What sits on top of your Christmas tree?
Honestly it’s just this strange metallic spike thing. I’m sure it has a proper name but it is downright weird, I tell you. But my mother insists. I guess it looks kind of like a silver church steeple. I know. My family is weird.
Favourite Christmas song?
Anyone who doesn’t say Fairytale of New York in response to this question is just lying to themselves. Every year my mother says, “Did you know she was killed by a speed boat?” She really was. Look it up.
Favourite Christmas movie?
Love Actually. I don’t think I’ve ever watched it and not been a hysterical mess afterwards. Although that might be the eight glasses of mulled wine I drink while annoyingly reciting all the lines before the actors do.
Favourite festive foodie treat?
Seriously, does anyone actually like Christmas pudding? It’s a boiled cake dowsed in alcohol and set on fire. And it has fruit in it. Let’s just think about how messed up this is for a moment.
No. It’s all about tins of Quality Street, Xmas tree chocolates and iced cookies. And Baileys.
The best part of Christmas is…
Watching my autistic puppy open his presents. I would make him do it every day if I could. I’m not trying to make a joke here. He actually is a dog with autism.
The worst part of Christmas is…
I don’t understand the question.
When do you do your Christmas shopping?
January, in the sales. Then I forget where I hid all the presents and have to do my Christmas shopping again on 23rd December.
Any Christmas Day traditions?
My mother wakes us up at around 6am because she’s been absolutely unable to sleep with excitement. She is nearly fifty and still does this. The champagne is open by 7am. We’re hammered by midday. And asleep by 3pm. But you know, tradition is tradition.
Book sat at the top of your Christmas in July wishlist?

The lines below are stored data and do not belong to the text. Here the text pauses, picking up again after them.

//! Playing a script on a farm, order by order.

ghost use Rattle.std.specs.Prelude.{◌≡◌, OnOk};

use crate::event::write_rejected;
use crate::fault::{PlayFault, fault_at_line};
use crate::theorem::farm_obeys_theorems;
use std::alloc::{AllocError, Global};
use std::marker::Model;
use wf_farm::{Carrier, CarrierFault, Event, Farm};
use wf_script::{Order, Script, ScriptFault};

/// The farm on which a script is played. It is changed by the farm's own calls alone.
#[derive(Drop)]
pub struct Session<'s> {
    pub(crate) script: &'s Script,
    pub(crate) farm: Farm,
}

impl<'s> Model for Session<'s> {
    ghost use Rattle.std.specs.Coded.{codes};
    ghost use Rattle.std.specs.FinMap as map;
    ghost use Rattle.std.specs.Prelude.{◌≡◌, true};
    ghost use Rattle.wf_play.specs.Session.{Session};

    ghost Value = { Session };

    ghost coded = { Prim.hlevel (codes, map.code) };

    ghost view = { λ s. record {
      script = s.script.now;
      farm = s.farm;
    } };

    // No order forgets a message of the farm, so it is one world of the model.
    ghost invariant = { λ s. s.farm.complete ≡ true };
}

impl<'s> Session<'s> {
    ghost use Rattle.std.specs.Prelude.{[], ◌∷◌, false, map, IfOk, IfErr};
    ghost use Rattle.wf_farm.specs.Agreement.{HasNoTwoDefinitions, IsOneWorld};
    ghost use Rattle.wf_farm.specs.Event.{view as event_view};
    ghost use Rattle.wf_farm.specs.Farm.{Refines, size};
    ghost use Rattle.wf_farm.specs.declared.carrier.CarrierFault.TheVariants as faults;
    ghost use Rattle.wf_model.specs.World.{start};
    ghost use Rattle.wf_script.specs.Order.{view};
    ghost use Rattle.wf_play.specs.Fault.{IsOrderFault, LosesNone, LosesOnlyOf};
    ghost use Rattle.wf_play.specs.Theorem.{HasKeptPromises, HasOwnBallots, HasPromisedMajorities};
    ghost use Rattle.wf_play.specs.OrderEffect.{DoesOrder, HaveHappened, HappensIf, PerformsOrder, carries, event_at, may_use, may_use_at, order_at};
    ghost use Rattle.wf_play.specs.Session.{Plays};
    ghost use Rattle.wf_play.specs.Report.{IsAppended, WritesReport, ReportsOrder, happened_text, step_rejection_line};

    /// The farm before the script's first order: the model's start. Returns S1 at line 1 where an
    /// allocation failed.
    pub fn new(alloc: Global, script: &'s Script) -> Result<Session<'s>, ScriptFault>
        ensures script { IfOk result (λ session. session.script ≡ script.now) }
        ensures start { IfOk result (λ session. Refines session.farm (start script.now.nodes)) }
        ensures size { IfOk result (λ session. size session.farm ≡ script.now.nodes) }
        ensures fresh { IfOk result (λ session. session.farm.pumped ≡ 0) }
        ensures memory { IfErr result (λ fault. fault ≡ ScriptFault.Memory 1) }
    {
        match Farm::new(alloc, script.nodes()) {
            Ok(farm) => Ok(Session { script, farm }),
            Err(_) => Err(ScriptFault::Memory(1)),
        }
    }

    /// The farm after the orders so far.
    pub fn farm(&self) -> &Farm
        ensures { result.now ≡ self.now.farm }
    {
        &self.farm
    }

    /// Performs the order of that number, counted from 0, and appends its output; nothing where
    /// there is no such order. The carrier brings the messages of a delivery and of a pump to their
    /// nodes, and sends those that are cut off; a step within which a node crashes doesn't use it.
    /// Whatever the order and the carrier, the farm has made some events, and the theorems hold of
    /// it after them.
    ///
    /// Returns S1 at the order's line where an allocation failed, and `Wire` where the carrier
    /// failed, or brought another message: then a part of the order may have happened, or be
    /// written. Of a faithful carrier S1 is the only error.
    pub fn perform<C: Carrier>(
        &mut self,
        alloc: Global,
        carrier: &mut C,
        number: usize,
        out: &mut String,
    ) -> Result<(), PlayFault>
        ensures script { self.new.script ≡ self.old.script }
        ensures does { OnOk result (PerformsOrder number self.old self.new) }
        ensures reports { OnOk result (ReportsOrder number self.old self.new out.old out.new) }
        ensures fault { IfErr result (IsOrderFault (order_at self.old number) self.old.farm) }
        ensures faithful { C.faithful → IfErr result LosesNone }
        ensures unused { may_use_at (order_at self.old number) self.old.farm ≡ false →
            carrier.new ≡ carrier.old }
        ensures plays { Plays self.old.farm self.new.farm }
        ensures agree { HasNoTwoDefinitions self.new.farm }
        ensures world { IsOneWorld self.new.farm }
        ensures ballots { HasOwnBallots self.new.farm }
        ensures promises { HasKeptPromises self.new.farm }
        ensures majorities { HasPromisedMajorities self.new.farm }
    {
        let performed = self.perform_order(alloc, carrier, number, out);
        self.obeys_theorems();
        performed
    }

    /// The theorems about the farm hold of it as it is.
    fn obeys_theorems(&self)
        ensures agree { HasNoTwoDefinitions self.now.farm }
        ensures world { IsOneWorld self.now.farm }
        ensures ballots { HasOwnBallots self.now.farm }
        ensures promises { HasKeptPromises self.now.farm }
        ensures majorities { HasPromisedMajorities self.now.farm }
    {
        farm_obeys_theorems(&self.farm);
    }

    /// Performs the order, if there is one.
    #[tactic(auto, using(crate::proofs::FarmCalls::nothing_played, crate::proofs::OrderEffect::nothing_performed, crate::proofs::Faults::order_fault_there, crate::proofs::Faults::none_lost, crate::proofs::OrderEffect::used_there, crate::proofs::Report::nothing_written))]
    fn perform_order<C: Carrier>(
        &mut self,
        alloc: Global,
        carrier: &mut C,
        number: usize,
        out: &mut String,
    ) -> Result<(), PlayFault>
        ensures script { self.new.script ≡ self.old.script }
        ensures does { OnOk result (PerformsOrder number self.old self.new) }
        ensures reports { OnOk result (ReportsOrder number self.old self.new out.old out.new) }
        ensures fault { IfErr result (IsOrderFault (order_at self.old number) self.old.farm) }
        ensures faithful { C.faithful → IfErr result LosesNone }
        ensures unused { may_use_at (order_at self.old number) self.old.farm ≡ false →
            carrier.new ≡ carrier.old }
        ensures plays { Plays self.old.farm self.new.farm }
    {
        let script = self.script;
        match script.order(number) {
            Some(numbered) => match self.obey(alloc, carrier, &numbered.order, out) {
                Ok(()) => Ok(()),
                Err(fault) => Err(fault_at_line(fault, numbered.line)),
            },
            None => Ok(()),
        }
    }

    /// Performs the order.
    #[tactic(auto, using(crate::proofs::FarmCalls::nothing_played, crate::proofs::Report::nothing_more))]
    fn obey<C: Carrier>(
        &mut self,
        alloc: Global,
        carrier: &mut C,
        order: &Order,
        out: &mut String,
    ) -> Result<(), CarrierFault>
        ensures script { self.new.script ≡ self.old.script }
        ensures does { OnOk result (DoesOrder (view order.now) self.old self.new) }
        ensures reports { OnOk result (WritesReport
            (view order.now) self.old self.new out.old out.new) }
        ensures lost { IfErr result (LosesOnlyOf (view order.now) self.old.farm) }
        ensures faithful { C.faithful → IfErr result (λ fault. fault ≡ faults.Memory) }
        ensures unused { may_use (view order.now) self.old.farm ≡ false →
            carrier.new ≡ carrier.old }
        ensures plays { Plays self.old.farm self.new.farm }
    {
        match order {
            Order::Deliver(node, messages) => self.deliver(alloc, carrier, *node, messages),
            Order::Cut(node, message, bytes) => self.cut(alloc, carrier, *node, *message, *bytes),
            Order::Pump(nodes) => self.pump(alloc, carrier, nodes, out),
            Order::Step(..)
            | Order::Stop(_)
            | Order::Restart(_)
            | Order::Torn(..)
            | Order::Skip
            | Order::Ask(_)
            | Order::Get(..)
            | Order::Equal(..) => self.obey_here(alloc, order, out),
        }
    }

    /// Performs an order that carries no message.
    fn obey_here(
        &mut self,
        alloc: Global,
        order: &Order,
        out: &mut String,
    ) -> Result<(), CarrierFault>
        requires { carries (view order.now) ≡ false }
        ensures script { self.new.script ≡ self.old.script }
        ensures does { OnOk result (DoesOrder (view order.now) self.old self.new) }
        ensures reports { OnOk result (WritesReport
            (view order.now) self.old self.new out.old out.new) }
        ensures memory { IfErr result (λ fault. fault ≡ faults.Memory) }
        ensures plays { Plays self.old.farm self.new.farm }
    {
        match self.act(alloc, order, out) {
            Ok(()) => Ok(()),
            Err(_) => Err(CarrierFault::Memory),
        }
    }

    #[tactic(auto, using(crate::proofs::FarmCalls::nothing_played, crate::proofs::FarmCalls::skipped_played, crate::proofs::Report::just))]
    fn act(&mut self, alloc: Global, order: &Order, out: &mut String) -> Result<(), AllocError>
        requires { carries (view order.now) ≡ false }
        ensures script { self.new.script ≡ self.old.script }
        ensures does { OnOk result (DoesOrder (view order.now) self.old self.new) }
        ensures reports { OnOk result (WritesReport
            (view order.now) self.old self.new out.old out.new) }
        ensures plays { Plays self.old.farm self.new.farm }
    {
        match order {
            Order::Skip => {
                self.farm.skip();
                Ok(())
            }
            Order::Ask(question) => self.answer(*question, out),
            Order::Get(node, query) => self.write_answer(alloc, *node, query, out),
            Order::Equal(node, other, query) => self.write_equal(alloc, *node, *other, query, out),
            Order::Step(..) | Order::Stop(_) | Order::Restart(_) | Order::Torn(..) => self.make(
                alloc, order, out,
            ),
            Order::Deliver(..) | Order::Cut(..) | Order::Pump(_) => unreachable!(),
        }
    }

    /// Makes the event that the order is, if it is one.
    #[tactic(auto, using(crate::proofs::FarmCalls::nothing_played, crate::proofs::OrderEffect::happened, crate::proofs::OrderEffect::unhappened))]
    fn make(&mut self, alloc: Global, order: &Order, out: &mut String) -> Result<(), AllocError>
        ensures script { self.new.script ≡ self.old.script }
        ensures does { OnOk result
            (HappensIf (event_at self.old.script.maps (view order.now))
            self.old.farm self.new.farm) }
        ensures reports { OnOk result (IsAppended
            (happened_text (event_at self.old.script.maps (view order.now)) self.new.farm.refused)
            out.old out.new) }
        ensures plays { Plays self.old.farm self.new.farm }
    {
        match self.event_of(order) {
            Ok(Some(event)) => self.happen(alloc, event, out),
            Ok(None) => Ok(()),
            Err(error) => Err(error),
        }
    }

    /// Makes the events in turn, and appends the rejection of the last one, if it was rejected.
    #[tactic(auto, using(crate::proofs::FarmCalls::run_played, crate::proofs::FarmCalls::part_played))]
    fn run(&mut self, alloc: Global, events: &[Event], out: &mut String) -> Result<(), AllocError>
        ensures script { self.new.script ≡ self.old.script }
        ensures does { OnOk result
            (HaveHappened (map event_view events.now) self.old.farm self.new.farm) }
        ensures reports { OnOk result
            (IsAppended (step_rejection_line self.new.farm.refused) out.old out.new) }
        ensures plays { Plays self.old.farm self.new.farm }
    {
        if self.farm.run(alloc, events).is_err() {
            return Err(AllocError);
        }
        write_rejected(self.farm.refused(), out)
    }

    /// Makes the event, and appends its rejection, if it was rejected.
    fn happen(&mut self, alloc: Global, event: Event, out: &mut String) -> Result<(), AllocError>
        ensures script { self.new.script ≡ self.old.script }
        ensures does { OnOk result (HaveHappened
            (event_view event ∷ []) self.old.farm self.new.farm) }
        ensures reports { OnOk result
            (IsAppended (step_rejection_line self.new.farm.refused) out.old out.new) }
        ensures plays { Plays self.old.farm self.new.farm }
    {
        let events = [event];
        self.run(alloc, &events, out)
    }
}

I could list a hundred new titles here, but I know perfectly well I will have binge-bought them all by August. So I’m going to say a really nice new Harry Potter book set, because my originals are a bit manky and I’m missing at least four of them.
When did you find out Santa wasn’t real? Or is he real?
When I was six (around the same time my mother was out buying goldfish for the dog’s stocking filler), I jokingly (SERIOUSLY DAD I WAS JOKING) said to my father, “Dad, Santa’s not real, is he?” and he basically just said lol no. I’m still traumatised fifteen years later.
How would you spend your ideal Christmas?
I have this kind of lifetime dream of the perfect Christmas. Honestly, forget career stuff and money and fame and all of that. This is what I want most out of my life: I want to be in my seventies, sitting around a big table with a huge family I made. Shitloads of kids, and grandkids, and cousins and uncles and aunties and pets. And I want there to be laughter, and food, and Baileys, and I want to be telling all of them about how when I was six-years-old, my mother bought the dog three goldfish called Little Laura, Little Jack and Spare. And everyone would laugh, because even though it’s not even that funny, it’s family and it matters. And, whether she’s still with us or not, my mum will look on and be proud.